One important edge case occurs when the query contains extra uppercase letters after the pattern has already been fully matched. For example, "FooBarTest" with pattern "FB" should fail because the trailing uppercase 'T' cannot be inserted. A naive implementation might stop once the pattern is matched and incorrectly return true. This implementation continues scanning the remaining query characters and rejects any unmatched uppercase letters.

Another important edge case is when the query is shorter than the pattern. For example, query "FB" and pattern "FooBar" cannot match because some pattern characters are never found. The implementation handles this by verifying at the end that every pattern character has been consumed.

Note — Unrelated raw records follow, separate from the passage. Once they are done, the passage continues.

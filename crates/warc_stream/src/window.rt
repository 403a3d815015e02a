//! A source that is read through a window, so that short reads near each other cost one read.
ghost use Rattle.std.specs.Prelude.{◌≡◌, ℕ, ◌<◌, ◌≤◌, List, [], length, take, false, None, Some, IfOk, is_err, if◌then◌else◌};
ghost use Rattle.warc_frame.specs.Count.{raised};
ghost use Rattle.warc_frame.specs.Device.{Gives};
ghost use Rattle.warc_frame.specs.Ranges.{IsReadAt};
ghost use Rattle.warc_frame.specs.Seen.{IfHeld};
ghost use Rattle.warc_stream.specs.Window.{BeginsIn, IsAskedAtMostOnce, IsAskedOnce, IsCopiedFront, IsPieceOf};

use std::alloc::{Allocator, Global};
use std::marker::Model;
use warc_frame::{ReadFault, Source, raise};

/// How many bytes a window asks for at once, where a read goes on after the last piece.
const WINDOW: usize = 65_536;

/// How many bytes it asks for where a read begins elsewhere. Most such reads are of a head, or of the front of a block.
const JUMP: usize = 4_096;

/// A source that is read through a window: it keeps the last piece that it read, and answers from it each read that
/// begins there. Any other read asks the source once. One of 65,536 bytes or more asks for these alone; a shorter one
/// for a new piece, of 65,536 bytes if it goes on after the last piece, and else of 4,096. If there is no memory for a
/// piece, none is kept.
#[derive(Drop)]
pub struct WindowSource<S: Source, A: Allocator = Global> {
    source: S,
    buffer: Vec<u8, A>,
    len: usize,
    from: u64,
    reads: u64,
    asked: u64,
}

impl<S: Source, A: Allocator> Model for WindowSource<S, A> {
    ghost use Rattle.std.specs.Prelude.{◌≤◌, length, take};
    ghost use Rattle.warc_frame.specs.Seen.{IfHeld};
    ghost use Rattle.warc_stream.specs.Window.{IsPieceOf, Windowed};

    ghost Value = { Windowed S };

    ghost view = { λ w. record {
      source = w.source;
      piece = take w.len w.buffer.items;
      from = w.from;
      room = length w.buffer.items;
      reads = w.reads;
      asked = w.asked;
    } };

    ghost invariant = { λ w. (w.len ≤ length w.buffer.items)
        × IfHeld (S.seen w.source).holds (λ bytes. IsPieceOf bytes w.from (take w.len w.buffer.items)) };
}

/// Copies the beginning of the bytes into the buffer, as much as both allow, and returns how much that is.
fn copy_front(bytes: &[u8], buf: &mut [u8]) -> usize
    ensures front { IsCopiedFront bytes.now buf.old buf.new result }
    ensures len { length buf.new ≡ length buf.old }
{
    let count = bytes.len().min(buf.len());
    buf[..count].copy_from_slice(&bytes[..count]);
    count
}

/// Reads into the front of a buffer, at most this many bytes.
fn read_front<S: Source>(
    source: &mut S,
    at: u64,
    buf: &mut [u8],
    most: usize,
) -> Result<usize, ReadFault>
    requires { most ≤ length buf.old }
    ensures bytes { (bytes : List ℕ) → (S.seen source.old).holds ≡ Some bytes
        → IfOk result (λ n. IsPieceOf bytes at (take n buf.new)) }
    ensures some { (bytes : List ℕ) → (S.seen source.old).holds ≡ Some bytes
        → IfOk result (λ n. at < length bytes → 0 < most → 0 < n) }
    ensures within { IfOk result (λ n. n ≤ length buf.new) }
    ensures len { length buf.new ≡ length buf.old }
    ensures once { IsAskedOnce at (S.seen source.old) (S.seen source.new) }
    ensures kept { (S.seen source.new).holds ≡ (S.seen source.old).holds }
    ensures cause { (S.seen source.new).faults ≡ (if is_err result then
        raised (S.seen source.old).faults else (S.seen source.old).faults) }
{
    source.read_at(at, &mut buf[..most])
}

impl<S: Source, A: Allocator + Copy> WindowSource<S, A> {
    /// A window over this source, of which no piece is kept.
    pub fn new(alloc: A, source: S) -> WindowSource<S, A>
        ensures source { result.source ≡ source }
        ensures empty { result.piece ≡ [] }
        ensures unread { result.reads ≡ 0 }
        ensures unasked { result.asked ≡ 0 }
    {
        let buffer = match vec![in alloc; 0u8; WINDOW] {
            Ok(buffer) => buffer,
            Err(_) => Vec::new(alloc),
        };
        WindowSource {
            source,
            buffer,
            len: 0,
            from: 0,
            reads: 0,
            asked: 0,
        }
    }

    /// Returns the source.
    pub fn into_inner(self) -> S
        ensures { result ≡ self.source }
    {
        self.source
    }

    /// The bytes of the piece from an offset on.
    fn rest(&self, at: u64) -> &[u8]
        ensures there { IfHeld (S.seen self.now.source).holds (λ bytes. IsPieceOf bytes at result.now) }
        ensures whole { self.now.from ≡ at → result.now ≡ self.now.piece }
        ensures some { BeginsIn at self.now → 0 < length result.now }
    {
        if at < self.from || at - self.from >= self.len as u64 {
            return &[];
        }
        &self.buffer[(at - self.from) as usize..self.len]
    }

    /// How many bytes of a new piece at an offset are asked for.
    fn want(&self, at: u64) -> usize
        ensures some { 0 < self.now.room → 0 < result }
        ensures within { result ≤ self.now.room }
    {
        let room = self.buffer.len();
        if self.from.checked_add(self.len as u64) == Some(at) {
            return room;
        }
        room.min(JUMP)
    }

    /// Reads a new piece.
    fn fill(&mut self, at: u64) -> Result<(), ReadFault>
        ensures once { IsAskedOnce at (S.seen self.old.source) (S.seen self.new.source) }
        ensures kept { (S.seen self.new.source).holds ≡ (S.seen self.old.source).holds }
        ensures cause { (S.seen self.new.source).faults ≡ (if is_err result then
            raised (S.seen self.old.source).faults else (S.seen self.old.source).faults) }
        ensures from { IfOk result (λ _. self.new.from ≡ at) }
        ensures some { (bytes : List ℕ) → (S.seen self.old.source).holds ≡ Some bytes
            → IfOk result (λ _. at < length bytes → 0 < self.old.room → 0 < length self.new.piece) }
        ensures reads { self.new.reads ≡ self.old.reads }
        ensures asked { self.new.asked ≡ self.old.asked }
    {
        let want = self.want(at);
        self.len = 0;
        self.from = at;
        self.len = read_front(&mut self.source, at, &mut self.buffer, want)?;
        Ok(())
    }

    /// Answers a read that doesn't begin in the piece.
    fn read_anew(&mut self, at: u64, buf: &mut [u8]) -> Result<usize, ReadFault>
        ensures bound { IfOk result (λ n. n ≤ length buf.new) }
        ensures bytes { (bytes : List ℕ) → (S.seen self.old.source).holds ≡ Some bytes
            → IfOk result (Gives bytes at buf.new) }
        ensures once { IsAskedOnce at (S.seen self.old.source) (S.seen self.new.source) }
        ensures kept { (S.seen self.new.source).holds ≡ (S.seen self.old.source).holds }
        ensures cause { (S.seen self.new.source).faults ≡ (if is_err result then
            raised (S.seen self.old.source).faults else (S.seen self.old.source).faults) }
        ensures reads { self.new.reads ≡ self.old.reads }
        ensures asked { self.new.asked ≡ self.old.asked }
    {
        if buf.len() >= self.buffer.len() {
            return self.source.read_at(at, buf);
        }
        self.fill(at)?;
        Ok(copy_front(self.rest(at), buf))
    }
}

impl<S: Source, A: Allocator + Copy> Source for WindowSource<S, A> {
    ghost seen = { λ w. record {
      holds = (S.seen w.source).holds;
      faults = (S.seen w.source).faults;
      reads = w.reads;
      asked = w.asked;
      watches = λ _. false;
      watched_reads = 0;
      next = None;
      jumps = 0;
    } };

    /// A read that begins in the piece is answered from it. Any other asks the source once, at its offset: for a new
    /// piece if the buffer is shorter than the window.
    fn read_at(&mut self, at: u64, buf: &mut [u8]) -> Result<usize, ReadFault>
        ensures bound { IfOk result (λ n. n ≤ length buf.new) }
        ensures bytes { (bytes : List ℕ) → (S.seen self.old.source).holds ≡ Some bytes
            → IfOk result (Gives bytes at buf.new) }
        ensures once { IsAskedAtMostOnce at (S.seen self.old.source) (S.seen self.new.source) }

        // A read that begins in the piece doesn't ask the source.
        ensures piece { BeginsIn at self.old → S.seen self.new.source ≡ S.seen self.old.source }
        ensures kept { (S.seen self.new.source).holds ≡ (S.seen self.old.source).holds }
        ensures cause { (S.seen self.new.source).faults ≡ (if is_err result then
            raised (S.seen self.old.source).faults else (S.seen self.old.source).faults) }
        ensures counted { self.new.reads ≡ raised self.old.reads }
        ensures asked { self.new.asked ≡ at }
    {
        self.reads = raise(self.reads);
        self.asked = at;
        let rest = self.rest(at);
        if rest.is_empty() {
            return self.read_anew(at, buf);
        }
        Ok(copy_front(rest, buf))
    }
}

A third important edge case involves lowercase mismatches. For example, "FooooBaaaar" should match "FB" even though many extra lowercase letters appear between matching characters. A buggy implementation might require contiguous matching. This solution correctly skips lowercase characters whenever they do not match the current pattern character.

A fourth edge case appears when uppercase letters align incorrectly. For example, "ForceFeedBack" does not match "FB" because the second uppercase letter is 'F' instead of 'B'. The implementation immediately rejects uppercase mismatches, guaranteeing correctness for camel case structure validation.